I have to prove if this function is differentiable.

$$f(x,y)= \begin{cases} \frac{\cos x-\cos y}{x-y} \iff x \neq y \\-\sin x \iff x=y \end{cases}$$

if $x \neq y$ it is continuous, but i want to see if it is continuous in x=y too.

i can rewrite f as $$f(x,y)= \begin{cases} \frac{g(x)-g(y)}{x-y} \iff x \neq y \\ g'(x)=g'(y) \iff x=y \end{cases}$$

and see that $lim_{xy \to xx} g(x,y)=g'(x)$. THus, it is continuous. Also, the partial derivatives exist: $$f_x(x,y)=\begin{cases} \frac{-\sin x(x-y)-\cos x+\cos y}{(x-y)^2} \\ -\cos(x) \end{cases}$$ $$f_y(x,y)=\begin{cases} \frac{\sin y(x-y)+\cos x-\cos y}{(x-y)^2} \\ 0 \end{cases}$$ If I proved that they are continuous, too, for the theorem of the total differential, the function would be differentiable. Still, I'm not sure this is the right way of reasoning.

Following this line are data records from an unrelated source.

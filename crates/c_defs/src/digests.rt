// Digests of names.
ghost use Rattle.std.specs.Prelude.{◌≡◌};
ghost use Rattle.c_defs.specs.Digests.{digest};

/// A number of 32 bits of which most other names have another: each byte is added to 31 times the number of those before it, as by `String.hashCode` of
/// Java's library.
pub fn digest(name: &[u8]) -> u32
    ensures { result ≡ digest name.now }
{
    let mut digest = 0u32;
    for byte in name {
        digest = digest.wrapping_mul(31).wrapping_add(u32::from(*byte));
    }
    digest
}
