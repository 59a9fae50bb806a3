//! Tokens as the grammar of C sees them: symbols with their places and texts, adjacent string literals joined (C90 5.1.1.2, phases 6 and 7).
#![tactic(auto)]

mod symbol;
mod terminal;

pub use symbol::{
    Access, AssignOp, BinaryOp, LeafKind, PrefixOp, Step, Symbol, TypeWord, symbol_of,
};
pub use terminal::{Joiner, Terminal, joined_one_by_one, terminal_of};
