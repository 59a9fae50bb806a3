//! The structs of a file, with what is kept of each that is complete: how deep its type is, how it is aligned, how many leaves it has, and its
//! members by their names. So nothing of a struct is found by a walk over its members again.
#![tactic(auto)]

mod alignments;
mod depths;
mod digests;
mod leaf_counts;
mod numbers;
mod rows;
mod structs;
mod view;

pub use digests::digest;
pub use numbers::Numbers;
pub use structs::Structs;
pub use view::StructsView;
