// The structs that an expression or a declaration stands among.
ghost use Rattle.std.specs.Prelude.{◌≡◌, if◌then◌else◌, drop, map, IfOk};
ghost use Rattle.c_tree.specs.Layout.{alignment_of, alignment_of_members, members_of};
ghost use Rattle.c_typing.specs.Plain.{plain};
ghost use Rattle.c_defs.specs.Members.{member_number, in_word, name_of};
ghost use Rattle.c_defs.specs.Numbers.{first_number};
ghost use Rattle.c_defs.specs.Depths.{deepest, is_within};
ghost use Rattle.c_defs.specs.Leaves.{leaf_count, leaves_of_members};
ghost use Rattle.c_defs.specs.Kept.{AreKept, bytes_aligned};

use crate::alignments::{any_wide, is_wide};
use crate::depths::depth;
use crate::leaf_counts::{leaf_count, leaves_behind};
use crate::rows::{StructRow, row_at};
use c_tree::{CType, Member, StructDef, members};
use std::alloc::AllocError;
use std::marker::Model;

/// The deepest that a type may be.
const DEEPEST: u32 = 64;

/// Structs by their numbers, and what is kept of them. What isn't kept is found by a walk over a struct's members.
#[derive(Drop)]
pub struct StructsView<'a, 'n> {
    defs: &'a [StructDef],
    rows: &'a [Option<StructRow<'n>>],
}

impl<'a, 'n> Model for StructsView<'a, 'n> {
    ghost use Rattle.std.specs.Prelude.{List};
    ghost use Rattle.c_tree.specs.declared.types.StructDef.{StructDef};
    ghost use Rattle.c_tree.specs.contracts.types.CType as ctype;
    ghost use Rattle.std.specs.Coded.{codes};

    ghost Value = { List StructDef };

    ghost coded = { Prim.hlevel (codes, ctype.the_row.coded) };

    ghost use Rattle.c_defs.specs.Kept.{AreKept};

    ghost view = { λ t. t.defs.now };

    ghost invariant = { λ t. AreKept t.defs.now t.rows.now };
}

impl<'a, 'n> StructsView<'a, 'n> {
    /// Structs of which nothing is kept.
    pub fn of(defs: &'a [StructDef]) -> StructsView<'a, 'n>
        ensures { result ≡ defs.now }
    {
        StructsView { defs, rows: &[] }
    }

    /// Structs with these rows.
    pub(crate) fn kept(
        defs: &'a [StructDef],
        rows: &'a [Option<StructRow<'n>>],
    ) -> StructsView<'a, 'n>
        requires { AreKept defs.now rows.now }
        ensures { result ≡ defs.now }
    {
        StructsView { defs, rows }
    }

    /// The structs.
    pub fn defs(&self) -> &'a [StructDef]
        ensures { result.now ≡ self.now }
    {
        self.defs
    }

    /// Whether a type is at most 64 deep.
    #[tactic(auto, unfolding(crate::specs::Depths::deepest))]
    pub fn is_shallow(&self, t: &CType) -> bool
        ensures { result ≡ is_within self.now deepest (plain t.now) }
    {
        depth(self.defs, self.rows, DEEPEST, t) <= DEEPEST
    }

    /// Whether a type is aligned at 4 bytes. The others are aligned at 1.
    pub fn is_wide(&self, t: &CType) -> bool
        ensures { alignment_of self.now t.now ≡ (if result then 4 else 1) }
    {
        is_wide(self.defs, self.rows, DEEPEST, t)
    }

    /// Whether one of some members is aligned at 4 bytes.
    pub fn any_wide(&self, members: &[Member]) -> bool
        ensures { alignment_of_members (alignment_of self.now) members.now ≡ (if result then 4 else 1) }
    {
        any_wide(self.defs, self.rows, DEEPEST, members)
    }

    /// How many leaves a type has. Where they are 2^32 or more, there is no memory for them.
    #[tactic(auto, unfolding(crate::specs::Depths::deepest))]
    pub fn leaf_count(&self, t: &CType) -> Result<u32, AllocError>
        ensures { IfOk result (λ n. n ≡ leaf_count self.now deepest (plain t.now)) }
    {
        leaf_count(self.defs, self.rows, DEEPEST, t)
    }

    /// How many leaves a struct's members have behind the first `k`. Where they are 2^32 or more, there is no memory for them.
    #[tactic(auto, unfolding(crate::specs::Depths::deepest))]
    pub fn leaves_behind(&self, s: u32, k: usize) -> Result<u32, AllocError>
        ensures { IfOk result (λ n. n ≡ leaves_of_members (leaf_count self.now deepest) (drop k (members_of self.now s))) }
    {
        leaves_behind(self.defs, self.rows, DEEPEST, s, k)
    }

    /// The number of a struct's member with a name.
    pub fn member_number(&self, t: &CType, name: &'n [u8]) -> Option<u32>
        ensures { result ≡ member_number self.now (plain t.now) name.now }
    {
        match t {
            CType::Struct(s) => match row_at(self.rows, *s) {
                Some(row) => row.number(name),
                None => number_among(members(self.defs, *s), name),
            },
            _ => None,
        }
    }
}

/// The number of the first member with a name.
fn number_among(members: &[Member], name: &[u8]) -> Option<u32>
    ensures { result ≡ in_word (first_number (map name_of members.now) name.now) }
{
    for i in 0..members.len() {
        if members[i].name.as_bytes() == name {
            return u32::try_from(i).ok();
        }
    }
    None
}
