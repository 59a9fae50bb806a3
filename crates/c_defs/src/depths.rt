// How deep types are.
ghost use Rattle.std.specs.Prelude.{◌≡◌, ◌≤◌, ◌+◌, ℕ, nat_le};
ghost use Rattle.c_tree.specs.Layout.{members_of};
ghost use Rattle.c_typing.specs.Plain.{plain};
ghost use Rattle.c_defs.specs.Depths.{is_within, are_within};
ghost use Rattle.c_defs.specs.Kept.{AreKept};

use crate::rows::{StructRow, is_struct, row_at};
use c_tree::{CType, Member, StructDef, members};

/// How deep a type is, where that is at most so deep; one more stands for a deeper type.
#[cycle(depth)]
pub fn depth(defs: &[StructDef], rows: &[Option<StructRow<'_>>], deep: u32, t: &CType) -> u32
    requires kept { AreKept defs.now rows.now }
    requires deep { deep ≤ 64 }
    ensures most { result ≤ deep + 1 }
    ensures within { (n : ℕ) → n ≤ deep → is_within defs.now n (plain t.now) ≡ nat_le result n }
{
    if deep == 0 {
        return 1;
    }
    match t {
        CType::Pointer(target) => {
            if is_struct(target) {
                return 1;
            }
            depth(defs, rows, deep - 1, target) + 1
        }
        CType::Array(item, _) => depth(defs, rows, deep - 1, item) + 1,
        CType::Struct(s) => struct_depth(defs, rows, deep - 1, *s) + 1,
        CType::Char | CType::Int | CType::Unsigned | CType::Void => 1,
    }
}

/// How deep the deepest member of a struct is, where that is at most so deep; one more stands for a deeper one.
#[cycle(depth)]
fn struct_depth(defs: &[StructDef], rows: &[Option<StructRow<'_>>], deep: u32, s: u32) -> u32
    requires kept { AreKept defs.now rows.now }
    requires deep { deep ≤ 63 }
    ensures most { result ≤ deep + 1 }
    ensures within { (n : ℕ) → n ≤ deep → are_within (is_within defs.now n) (members_of defs.now s) ≡ nat_le result n }
{
    match row_at(rows, s) {
        Some(row) => row.deepest.min(deep + 1),
        None => deepest(defs, rows, deep, members(defs, s)),
    }
}

/// How deep the deepest of some members is, where that is at most so deep; one more stands for a deeper one.
#[cycle(depth)]
pub fn deepest(
    defs: &[StructDef],
    rows: &[Option<StructRow<'_>>],
    deep: u32,
    members: &[Member],
) -> u32
    requires kept { AreKept defs.now rows.now }
    requires deep { deep ≤ 63 }
    ensures most { result ≤ deep + 1 }
    ensures within { (n : ℕ) → n ≤ deep → are_within (is_within defs.now n) members.now ≡ nat_le result n }
{
    let mut deepest = 0;
    for member in members {
        let d = depth(defs, rows, deep, &member.ctype);
        if d > deep {
            return d;
        }
        deepest = deepest.max(d);
    }
    deepest
}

$\cos x-\cos y=-2\sin\frac{x+y}2\,\sin\frac{x-y}2$ and $\operatorname {sinc}u=\frac{\sin u}{u}$ is a known analytical function. So $f(x,y)=-\sin\frac{x+y}2\operatorname {sinc}\frac{x-y}2$.

This seems like a perfectly OK way to do your work.

ALternatively, you might look at the function

$$h(u, y) = f(u+y, y).$$

Writing that out, you get $$h(u, y) = f(u+y,y)= \begin{cases} \frac{\cos(u+y)-\cos(y)}{u} \iff u+y \neq y \\ -\sin(y) \iff u = 0 \end{cases}$$

Which you can rewrite as $$h(u, y) = f(u+y,y)= \begin{cases} \frac{\cos(u+y)-\cos(y)}{u} \iff u \neq 0 \\ -\sin(y) \iff u = 0 \end{cases}$$

In these rotated coordinates, it might be a little easier to prove things.

One has $$f(x,y)=-\int_0^1\sin\bigl((1-t)y+t\,x\bigr)\ dt\qquad\forall\ (x,y)\in{\mathbb R}^2\ .$$ This shows that $f\in C^\infty({\mathbb R}^2)$.